Heat pumps can provide around 6 times more heat than the electricity put in, but if that electricity costs 6 times more than the gas alternative, there is no overall even on running costs, yet the extraordinarily (and artificially) high installation costs remain. The green incentives that collectively drove the higher costs of both the heat pumps and the electricity have thus resulted in no net financial incentive to switch from gas to electricity, and government is now being forced to regulate against future gas boiler installations.

Meanwhile, the EU requirement to have 3% of vehicle fuel as biofuel provided irresistible incentives for companies to burn down rain forests and forceably displace people who lived in them in order to plant palm oil plantations. Great environmental devastation across much of Borneo, Indonesia and many other countries has resulted, with many poor people suffering enormously.

The very generous subsidising of wind turbines has resulted, as well as huge stress for people and animals living near them, and the deaths of very many birds and bats, in enormous areas of peat bogs being drained, either directly, or as an ‘unforeseen consequence’ of installing roads for their installation and maintenance. Much of the dried out peat has biodegraded, resulting in enormous CO2 emissions. Similarly, subsidising solar panels on rooftops has resulted in wealthy homeowners getting a little richer at the expense of poorer households who have to pay higher energy prices to pay for them. Not only that, it has meant that those panels have been installed on homes in a country which isn’t actually very sunny. The same panel, had it been installed in Africa, would have produced far more much needed energy, saved far more CO2 emissions, and avoided a great deal of the wood-burning that otherwise creates particulates that present a known and serious direct health threat, as well as another direct source of global warming.

I won’t go on, though there are many other impacts that could be listed.

The result of government interfering (very incompetently) has been an enormous rise in the cost of electricity, increased energy poverty, and still increased environmental impact. Heat pumps are nowhere near as cheap or efficient a solution as they should be, and electric heating is now ridiculously expensive. The intermittent nature of wind energy means highly uneconomic use of remaining gas power stations, and lingering demand to reduce CO2 is now encouraging a move back towards expensive nuclear fission stations to fill the gap until fusion comes along.

Even the transport migration to all-electric is jeopardised by the still increasing price of electricity. On latest figures, recharging an electric car battery on a journey can be as expensive as petrol or diesel alternative, but future green subsidies will substantially increase the electricity price.

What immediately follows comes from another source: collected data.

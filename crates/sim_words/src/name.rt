//! Names.
ghost use Rattle.std.specs.Prelude.{◌≡◌, ◌<◌, map};
ghost use Rattle.std.specs.List.{list_all};
ghost use Rattle.sim_language.specs.Lines.{is_among};
ghost use Rattle.sim_language.specs.Names.{common_words, is_name, is_reserved, is_small_letter, is_spelled, may_stand_in_name};
ghost use Rattle.sim_words.specs.Letters.{words_at};

use crate::letter::{letter, row_of};
use sim_language::Version;

/// The words of both versions of the language, which are no names, by the letters that they begin with, from `a` to `z`.
static COMMON_WORDS: [&[&[u8]]; 26] = [
    &[b"all", b"any", b"after"],
    &[b"break"],
    &[b"container", b"count", b"cancel", b"catch"],
    &[b"drop", b"draw"],
    &[b"event", b"end", b"else", b"empty"],
    &[b"fstore", b"fail", b"finish"],
    &[b"get"],
    &[b"has"],
    &[b"interrupt", b"if", b"inf"],
    &[b"journal"],
    &[],
    &[b"let", b"loop", b"log"],
    &[b"me", b"min", b"max"],
    &[b"now"],
    &[],
    &[
        b"priority",
        b"preemptive",
        b"pstore",
        b"port",
        b"process",
        b"preempt",
        b"put",
        b"poster",
        b"proc",
    ],
    &[],
    &[b"resource", b"raise", b"request", b"release", b"repeat"],
    &[
        b"scenario",
        b"seed",
        b"store",
        b"start",
        b"succeed",
        b"spawn",
    ],
    &[b"timeout", b"try"],
    &[b"until"],
    &[b"val"],
    &[b"wait", b"with"],
    &[],
    &[],
    &[],
];

/// Whether the word is a name in a text of this version.
pub fn is_name(version: Version, word: &[u8]) -> bool
    ensures { result ≡ is_name version word.now }
{
    is_spelled(word) && !is_reserved(version, word)
}

fn is_spelled(word: &[u8]) -> bool
    ensures { result ≡ is_spelled word.now }
{
    match word {
        [first, rest @ ..] => is_small_letter(*first) && rest.len() <= 31 && may_end_name(rest),
        [] => false,
    }
}

fn may_end_name(rest: &[u8]) -> bool
    ensures { result ≡ list_all may_stand_in_name rest.now }
{
    rest.iter().all(|byte| may_stand_in_name(*byte))
}

/// Whether it is one of the 26 small letters.
pub fn is_small_letter(byte: u8) -> bool
    ensures { result ≡ is_small_letter byte }
{
    byte >= b'a' && byte <= b'z'
}

fn may_stand_in_name(byte: u8) -> bool
    ensures { result ≡ may_stand_in_name byte }
{
    is_small_letter(byte) || byte.is_ascii_digit() || byte == b'_'
}

/// Whether the word is one of the language in this version.
fn is_reserved(version: Version, word: &[u8]) -> bool
    ensures { result ≡ is_reserved version word.now }
{
    match version {
        Version::One => is_common(word),
        Version::Two => word == b"chain".as_slice() || is_common(word),
    }
}

fn is_common(word: &[u8]) -> bool
    ensures { result ≡ is_among word.now common_words }
{
    match letter(word) {
        Some(place) => words_at(place).contains(&word),
        None => false,
    }
}

/// Those that begin with the letter at this place in the alphabet.
fn words_at(place: usize) -> &'static [&'static [u8]]
    requires { place < 26 }
    ensures { map (λ word. word.now) result.now ≡ words_at place common_words }
{
    row_of(&COMMON_WORDS, place)
}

The only solution to government-induced energy poverty that government offers is enforced installation of smart meters, so that people can see just how much they are having to spend, so may switch off a light now and then. Even here, incompetence reigns. Smart meters are actually a great idea if used wisely. But recent announcements on future smart meters say that energy companies will be able to switch off supply to balance load when the wind doesn’t blow strongly enough. Well, that will certainly encourage people to get them.

With green government declaring itself as a friend, the Earth certainly doesn’t need any enemies.